There was this funny little itch: 3D Gaussian Splatting is beautiful, but the whole thing usually wants a GPU window, a browser, or some proper graphics stack standing nearby with a serious face.
And I kept looking at terminal UIs, at ratatui, at half-block characters, at the weird amount of visual bandwidth still hiding inside ANSI escape codes, and thinking: wait. Why exactly can this not be a real renderer?
So Tortuise became the answer: a CPU-first 3D Gaussian Splatting viewer written in Rust, built on crossterm and parallelized with rayon. It loads standard `.ply` and `.splat` scenes, projects and sorts the Gaussians, rasterizes them into a framebuffer, then encodes the result back into terminal characters.

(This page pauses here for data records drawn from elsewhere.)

//! A script by chance, which the model plays as it grows.
use crate::chance::{Purpose, Throw};
use crate::ledger::{Came, Difference, Label, Ledger};
use crate::steering::Draw;
use arrayvec::ArrayVec;
use model::answer::Refusal;
use model::printing::{LONGEST, first_difference};
use model::reading::Player;
use model::script::Record;
use std::iter;
use text::Page;

// More than a script has, since each has two bytes or more.
const MOST_RECORDS: usize = 33_000;

// The number of the script that has as many records as there can be.
const MOST_LINES: u32 = 6;

// How long a script is at most: the first few are at the limits, and the others short, or longer,
// or a few of them long.
fn most_bytes(ordinal: u32, mood: Throw) -> usize {
    let some = mood.below(Purpose::Length, 30_000) as usize;
    match ordinal {
        1 => 0,
        2 | 3 => LONGEST,
        4 => LONGEST + 1,
        5 => 100_000,
        _ => if mood.is_multiple_of(16) {
            some
        } else {
            some % 6_000
        },
    }
}

// Where a script ends that has no room for another record: in half of the scripts within that
// record.
fn cut(length: usize, most: usize, mood: Throw) -> usize {
    let is_close = most.saturating_sub(length) < 7;
    if is_close && mood.is_multiple_of(2) {
        most
    } else {
        length
    }
}

/// The script that is made, the model that plays it, and what came of all scripts so far.
#[derive(Drop)]
pub(crate) struct Match {
    script: ArrayVec<u8, 100_000>,
    player: Player,
    ledger: Ledger,
}

impl Match {
    pub(crate) fn new() -> Self {
        Match {
            script: ArrayVec::new(),
            player: Player::new(),
            ledger: Ledger::default(),
        }
    }

    pub(crate) fn ledger(&self) -> &Ledger {
        &self.ledger
    }

    // Plays the script from a place on.
    fn play_from(&mut self, place: usize) {
        for byte in self.script.iter().skip(place) {
            if let Some(line) = self.player.feed(*byte) {
                self.ledger.enter_line(line, self.player.network());
            }
        }
    }

    // Makes a script of at most so many bytes.
    fn grow(&mut self, most: usize, mood: Throw) {
        let throws = iter::successors(Some(mood), |throw| Some(throw.following()));
        for throw in throws.skip(1).take(MOST_RECORDS) {
            let length = self.script.len();
            let piece = Draw {
                network: self.player.network(),
                mood,
                throw,
            }
            .piece();
            let has_room = piece.append_to(&mut self.script).is_ok() && self.script.len() <= most;
            if !has_room {
                self.script.truncate(cut(length, most, mood));
            }
            self.play_from(length);
            if !has_room {
                return;
            }
        }
    }

    // Makes a script of PK alone, which has two bytes: none has more records, nor more lines.
    fn fill_with_peeks(&mut self) {
        for _ in 0..LONGEST / 2 {
            let _ = Record::Peek.append_to(&mut self.script);
        }
        self.play_from(0);
    }

    // Makes the script of a number, and enters what comes of its records.
    fn make(&mut self, ordinal: u32) {
        self.script.clear();
        self.player = Player::new();
        if ordinal == MOST_LINES {
            self.fill_with_peeks();
            return;
        }
        let mood = Throw::of_script(ordinal);
        let most = most_bytes(ordinal, mood);
        if most > LONGEST {
            let _ = self.script.extend(iter::repeat_n(0, most));
            self.ledger
                .count(Label::Unmarked, Came::Refused(Refusal::ScriptTooLong));
            return;
        }
        self.grow(most, mood);
        if let Some(line) = self.player.end() {
            self.ledger.enter_line(line, self.player.network());
        }
    }

    /// Makes the script of a number, and runs it through both.
    pub(crate) fn turn(&mut self, ordinal: u32) {
        self.make(ordinal);
        let script = self.script.as_slice();
        let mut printout = Page::new();
        engine::printout(script, &mut printout);
        let theirs = printout.as_bytes();
        let difference = first_difference(script, theirs).map(|byte| Difference {
            script: ordinal,
            byte,
        });
        self.ledger
            .enter_script(theirs.len(), self.player.network(), difference);
    }
}
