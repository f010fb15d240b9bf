//! Scripts by chance. Records are drawn until one comes whose answer, as the network of the model
//! is by then, is welcome; so that orders of every outcome come in good number. A script has a
//! mood, its own throw, which gives its temper and how many nodes are wanted.
use crate::chance::{Purpose, Throw};
use crate::ledger::Came;
use arrayvec::{ArrayVec, CapacityError};
use model::answer::{Outcome, Refusal};
use model::network::{Network, Step};
use model::rules::Kind;
use model::script::{Mark, Record, Serial};
use std::iter;

const MARKS: [Mark; 10] = [
    Mark::Bc,
    Mark::Bn,
    Mark::Cr,
    Mark::Jn,
    Mark::Lv,
    Mark::Dl,
    Mark::Oc,
    Mark::On,
    Mark::Rd,
    Mark::Pk,
];

// Marks that are none.
const NO_MARKS: [[u8; 2]; 5] = [*b"--", *b"bc", *b"Jn", *b"pk", *b"XX"];

// How many records are drawn before a question takes their place.
const DRAWS: usize = 12;

// How many numbers of four bytes are too large for a serial.
const TOO_LARGE: u32 = 4_194_967_296;

// Few nodes and many orders; many nodes; notices left lying until the network is full; drained
// often; anything; rings of one.
#[derive(Clone, Copy, Eq, PartialEq)]
enum Temper {
    Few,
    Many,
    Hoarding,
    Draining,
    Any,
    Lone,
}

const TEMPERS: [Temper; 6] = [
    Temper::Few,
    Temper::Many,
    Temper::Hoarding,
    Temper::Draining,
    Temper::Any,
    Temper::Lone,
];

impl Temper {
    fn of(mood: Throw) -> Temper {
        mood.pick(Purpose::Temper, TEMPERS)
    }

    // For each of the marks a share of a hundred, in the order of `MARKS`: with its mark beside
    // each number this would no longer read as a table.
    fn shares(self) -> [u32; 10] {
        match self {
            Temper::Few => [1, 1, 3, 25, 14, 46, 3, 3, 3, 1],
            Temper::Many => [2, 2, 1, 22, 7, 48, 7, 7, 3, 1],
            Temper::Hoarding => [1, 1, 1, 22, 18, 49, 2, 2, 3, 1],
            Temper::Draining => [2, 1, 3, 34, 18, 6, 6, 6, 21, 3],
            Temper::Any => [4, 4, 8, 22, 16, 29, 5, 5, 5, 2],
            Temper::Lone => [1, 1, 14, 18, 20, 36, 3, 3, 3, 1],
        }
    }
}

// The share of a hundred in which a record is welcome, by what is foreseen of it: the answer, or
// nothing, for a request that would not be granted now.
fn welcome_share(foreseen: Option<Came>) -> u32 {
    match foreseen {
        None => 10,
        Some(Came::Refused(refusal)) => match refusal {
            Refusal::NotAllOut => 5,
            Refusal::NotOut => 4,
            Refusal::NoticeWaits => 60,
            Refusal::LastNumber => 100,
            Refusal::QueueFull => 40,
            Refusal::NotInserted => 15,
            Refusal::NotBetween | Refusal::NotIn | Refusal::NoMessage => 8,
            _ => 0,
        },
        Some(Came::Declared | Came::Ran) => 40,
        Some(Came::Done(Outcome::Denied)) => 60,
        Some(Came::Done(Outcome::Out | Outcome::Dropped)) => 50,
        Some(_) => 100,
    }
}

/// What stands in a script: a record, or two bytes that are no mark and one more.
#[derive(Clone, Copy)]
pub(crate) enum Piece {
    Record(Record),
    NoMark([u8; 3]),
}

impl Piece {
    pub(crate) fn append_to<const N: usize>(
        self,
        script: &mut ArrayVec<u8, N>,
    ) -> Result<(), CapacityError> {
        match self {
            Piece::Record(record) => record.append_to(script),
            Piece::NoMark(bytes) => script.try_extend_from_slice(&bytes),
        }
    }
}

/// What a record is drawn from: the network as it is, the script's mood and a throw.
#[derive(Clone, Copy)]
pub(crate) struct Draw<'a> {
    pub(crate) network: &'a Network,
    pub(crate) mood: Throw,
    pub(crate) throw: Throw,
}

impl Draw<'_> {
    fn wanted_nodes(&self) -> u8 {
        let few = self.mood.byte_below(Purpose::NodesWanted, 4);
        let many = self.mood.byte_below(Purpose::NodesWanted, 36);
        match Temper::of(self.mood) {
            Temper::Few => few.saturating_add(2),
            Temper::Lone => few.saturating_add(1),
            _ => many.saturating_add(4).min(32),
        }
    }

    // Before the nodes wanted are there.
    fn is_early(&self) -> bool {
        self.network.declared_nodes() < self.wanted_nodes()
    }

    // Before notices are left lying, the nodes wanted are declared and the network is drained
    // often.
    fn temper(&self) -> Temper {
        match Temper::of(self.mood) {
            Temper::Hoarding if self.is_early() => Temper::Draining,
            own => own,
        }
    }

    fn mark(&self) -> Mark {
        let mut left = self.throw.below(Purpose::Mark, 100);
        for (mark, share) in MARKS.iter().zip(self.temper().shares()) {
            match left.checked_sub(share) {
                Some(rest) => left = rest,
                None => return *mark,
            }
        }
        Mark::Bc
    }

    fn any_node(&self, purpose: Purpose) -> u8 {
        self.throw
            .byte_below(purpose, self.network.declared_nodes())
    }

    fn key_of_any(&self, purpose: Purpose) -> u32 {
        self.network.node(self.any_node(purpose)).key
    }

    // A serial: at either end of the range, the key of a node or the one after, or any.
    fn serial(&self) -> u32 {
        let key = self.key_of_any(Purpose::NodeOfSerial);
        match self.throw.below(Purpose::SerialKind, 16) {
            0 => 0,
            1 => 1,
            2 => 99_999_998,
            3 => 99_999_999,
            4 | 5 => key,
            6 => key.saturating_add(1),
            _ => self.throw.below(Purpose::Serial, 100_000_000),
        }
    }

    // Where the nodes wanted are there, most declarations are of a key that is taken.
    fn key_to_declare(&self) -> u32 {
        if self.is_early() || self.throw.one_of(Purpose::TakenKey, 8) {
            self.serial()
        } else {
            self.key_of_any(Purpose::NodeOfTakenKey)
        }
    }

    // A join before the node that a walk from some node finds to own the key, and in a few cases
    // with any node on the right. Where a notice waits for the joiner it is mostly between any two
    // nodes, so that 24 is often met beside 25.
    fn join(&self) -> Record {
        let network = self.network;
        let node = self.any_node(Purpose::Joiner);
        if network.awaits(node, Kind::SetL) && !self.throw.one_of(Purpose::JoinByWalk, 4) {
            return Record::Join {
                node,
                left: self.any_node(Purpose::AnyLeft),
                right: self.any_node(Purpose::AnyRight),
            };
        }
        let start = self.any_node(Purpose::StartOfWalk);
        let left = match network.owner_from(start, network.node(node).key) {
            Some((_, owner)) => owner,
            None => network.after_hops(start, network.declared_nodes()),
        };
        let right = if self.throw.one_of(Purpose::OddJoin, 8) {
            self.any_node(Purpose::OddRight)
        } else {
            network.node(left).right
        };
        Record::Join { node, left, right }
    }

    // The first message, the last, or any, and a few places where no message need be; where notices
    // are to lie, anything else behind the first.
    fn place(&self) -> u8 {
        let waiting = self.network.waiting();
        let some = self.throw.byte_below(Purpose::Place, waiting);
        if self.temper() == Temper::Hoarding {
            return (0..waiting)
                .zip(self.network.messages())
                .skip(usize::from(some) + 1)
                .find(|(_, message)| message.kind != Kind::SetL)
                .map_or(waiting, |(place, _)| place);
        }
        match self.throw.below(Purpose::PlaceKind, 16) {
            0 => waiting,
            1 => self.throw.below(Purpose::Place, 256) as u8,
            2 | 3 => 0,
            4 | 5 => waiting.wrapping_sub(1),
            _ => some,
        }
    }

    // The largest, any, below 64, 0, which is no limit, or small. Where notices are to lie 0 is
    // rare, since it empties the network.
    fn budget(&self) -> u16 {
        let some = self.throw.below(Purpose::Budget, 65_536) as u16;
        match self.throw.below(Purpose::BudgetKind, 12) {
            0 => u16::MAX,
            1 => some,
            2 => some % 64,
            3 if self.temper() != Temper::Hoarding => 0,
            _ => some % 5 + 1,
        }
    }

    fn record(&self) -> Record {
        match self.mark() {
            Mark::Bc => Record::Declare(Serial::packed(self.key_to_declare())),
            Mark::Bn => Record::Declare(Serial::binary(self.key_to_declare())),
            Mark::Cr => Record::Create {
                node: self.any_node(Purpose::Node),
            },
            Mark::Jn => self.join(),
            Mark::Lv => Record::Leave {
                node: self.any_node(Purpose::Node),
            },
            Mark::Dl => Record::Deliver {
                place: self.place(),
            },
            Mark::Oc => Record::Owner {
                start: self.any_node(Purpose::StartOfQuestion),
                serial: Serial::packed(self.serial()),
            },
            Mark::On => Record::Owner {
                start: self.any_node(Purpose::StartOfQuestion),
                serial: Serial::binary(self.serial()),
            },
            Mark::Rd => Record::Drain {
                budget: self.budget(),
            },
            Mark::Pk => Record::Peek,
        }
    }

    fn prospect(&self, step: Result<Step, Refusal>) -> Option<Came> {
        match step {
            Err(refusal) => Some(Came::Refused(refusal)),
            Ok(step) => match step.request() {
                Some(request) if !self.network.node(request.addressee).grants(request) => None,
                _ => Some(Came::Done(step.outcome)),
            },
        }
    }

    // What a record of declared nodes will be answered, as far as it matters here, or nothing where
    // it posts a request that would not be granted now.
    fn foreseen(&self, record: Record) -> Option<Came> {
        let network = self.network;
        match record {
            Record::Declare(_) => Some(Came::Declared),
            Record::Create { node } => self.prospect(network.creation(node)),
            Record::Join { node, left, right } => self.prospect(network.joining(node, left, right)),
            Record::Leave { node } => self.prospect(network.leaving(node)),
            Record::Deliver { place } => self.prospect(network.delivery(usize::from(place))),
            Record::Owner { start, .. } if network.is_inserted(start) => Some(Came::Owner),
            Record::Owner { .. } => Some(Came::Refused(Refusal::NotInserted)),
            Record::Drain { .. } | Record::Peek => Some(Came::Ran),
        }
    }

    // Where notices are to lie, none is delivered but for a few, nor is the first message, and
    // nothing is drained before the network is full.
    fn share(&self, record: Record) -> u32 {
        let foreseen = self.foreseen(record);
        if self.temper() != Temper::Hoarding {
            return welcome_share(foreseen);
        }
        match (foreseen, record) {
            (Some(Came::Done(Outcome::LeftSet | Outcome::LeftOld)), _) => 2,
            (_, Record::Drain { .. }) => if self.network.is_full() { 100 } else { 8 },
            (_, Record::Deliver { place: 0 }) => 1,
            _ => welcome_share(foreseen),
        }
    }

    fn welcome_record(&self) -> Option<Record> {
        let record = self.record();
        (self.throw.below(Purpose::Welcome, 100) < self.share(record)).then_some(record)
    }

    // A serial with a fault: a digit above 9 where it is packed; where it is binary too large, by
    // one or by more, up to all that four bytes hold.
    fn faulty_packed(&self) -> Serial {
        let digit = self.throw.below(Purpose::SerialFault, TOO_LARGE) % 8;
        let (Serial::Packed(bytes) | Serial::Binary(bytes)) = Serial::packed(self.serial());
        let faulty = u32::from_le_bytes(bytes) | 10 << (digit * 4);
        Serial::Packed(faulty.to_le_bytes())
    }

    fn faulty_binary(&self) -> Serial {
        let more = self.throw.below(Purpose::SerialFault, TOO_LARGE);
        Serial::binary(match self.throw.below(Purpose::SerialFaultKind, 4) {
            0 => 100_000_000,
            1 => u32::MAX,
            2 => 100_000_000 + more % 1_000,
            _ => 100_000_000 + more,
        })
    }

    fn faulty_join(&self, some: u8, maybe: u8, wrong: u8) -> Record {
        let (node, right) = if self.throw.one_of(Purpose::FaultyField, 2) {
            (some, wrong)
        } else {
            (wrong, some)
        };
        Record::Join {
            node,
            left: maybe,
            right,
        }
    }

    fn no_mark(&self, byte: u8) -> Piece {
        let [first, second] = self.throw.pick(Purpose::FaultyField, NO_MARKS);
        Piece::NoMark([first, second, byte])
    }

    // A record with a fault in its fields, where a question or a join may have two; or, in a few
    // cases, a mark that is none.
    fn faulty(&self) -> Piece {
        let throw = self.throw;
        let nodes = self.network.declared_nodes();
        let wrong = if throw.one_of(Purpose::FirstUndeclared, 2) {
            nodes
        } else {
            let limit = 256 - u32::from(nodes);
            nodes.saturating_add(throw.below(Purpose::Undeclared, limit) as u8)
        };
        let some = self.any_node(Purpose::Declared);
        let maybe = if throw.one_of(Purpose::SecondFault, 2) {
            wrong
        } else {
            some
        };
        Piece::Record(match throw.pick(Purpose::FaultyMark, MARKS) {
            Mark::Bc => Record::Declare(self.faulty_packed()),
            Mark::Bn => Record::Declare(self.faulty_binary()),
            Mark::Cr => Record::Create { node: maybe },
            Mark::Jn | Mark::Pk => self.faulty_join(some, maybe, wrong),
            Mark::Lv => Record::Leave { node: wrong },
            Mark::Dl => Record::Deliver { place: maybe },
            Mark::Oc => Record::Owner {
                start: maybe,
                serial: self.faulty_packed(),
            },
            Mark::On => Record::Owner {
                start: maybe,
                serial: self.faulty_binary(),
            },
            Mark::Rd if throw.one_of(Purpose::NoMark, 8) => return self.no_mark(wrong),
            Mark::Rd => Record::Create { node: wrong },
        })
    }

    // A record that is welcome, if one comes soon enough, and else a question.
    fn steered(&self) -> Record {
        iter::successors(Some(self.throw), |throw| Some(throw.again()))
            .take(DRAWS)
            .find_map(|throw| Draw { throw, ..*self }.welcome_record())
            .unwrap_or_else(|| Record::Owner {
                start: self.any_node(Purpose::StartOfLastQuestion),
                serial: Serial::binary(self.serial()),
            })
    }

    // The network is full and a request comes first: a drain may have to pass it over.
    fn is_tight(&self) -> bool {
        let first = self.network.messages().first();
        self.network.is_full() && first.is_some_and(|message| message.kind == Kind::SetR)
    }

    /// What comes next in a script, for the network as it is.
    pub(crate) fn piece(&self) -> Piece {
        let throw = self.throw;
        if self.is_early() && throw.one_of(Purpose::EarlyDeclaration, 3) {
            return Piece::Record(Record::Declare(Serial::packed(self.serial())));
        }
        if self.is_tight() {
            let budget = throw.below(Purpose::TightBudget, 4) as u16;
            return Piece::Record(Record::Drain { budget });
        }
        if throw.one_of(Purpose::Fault, 32) {
            self.faulty()
        } else {
            Piece::Record(self.steered())
        }
    }
}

The main trick is halfblock rendering: one terminal cell becomes two vertical pixels by pairing foreground and background colors. Silly little Unicode hack. Extremely useful. Suddenly a terminal stops being just logs and shell prompts, and starts behaving like a constrained little viewport into real 3D space.
Current state: six render modes, free and orbit camera modes, built-in demo scenes, SuperSplat download tooling, truecolor detection, 256-color fallback, and real 1.1M-splat scenes running without a GPU. Works on potato. Which is always a beautiful benchmark category.
It shipped as a Rust crate, got a public repo, and somehow became a tiny proof that terminal-native artifacts can still be genuinely strange, useful, and pretty.
Next natural directions are higher-resolution Kitty graphics output, SHARP image-to-splat flow, better scene bundles, and possibly using Tortuise as a small visual substrate for other spatial tools. Not a browser replacement. More like a terminal-native inspection layer for worlds that should not need to leave the working surface.
Repo: buildoak/tortuise.
P.S. Yes, it is Tortuise. Ratatui plus tortoise. The name is doing exactly what it is supposed to do.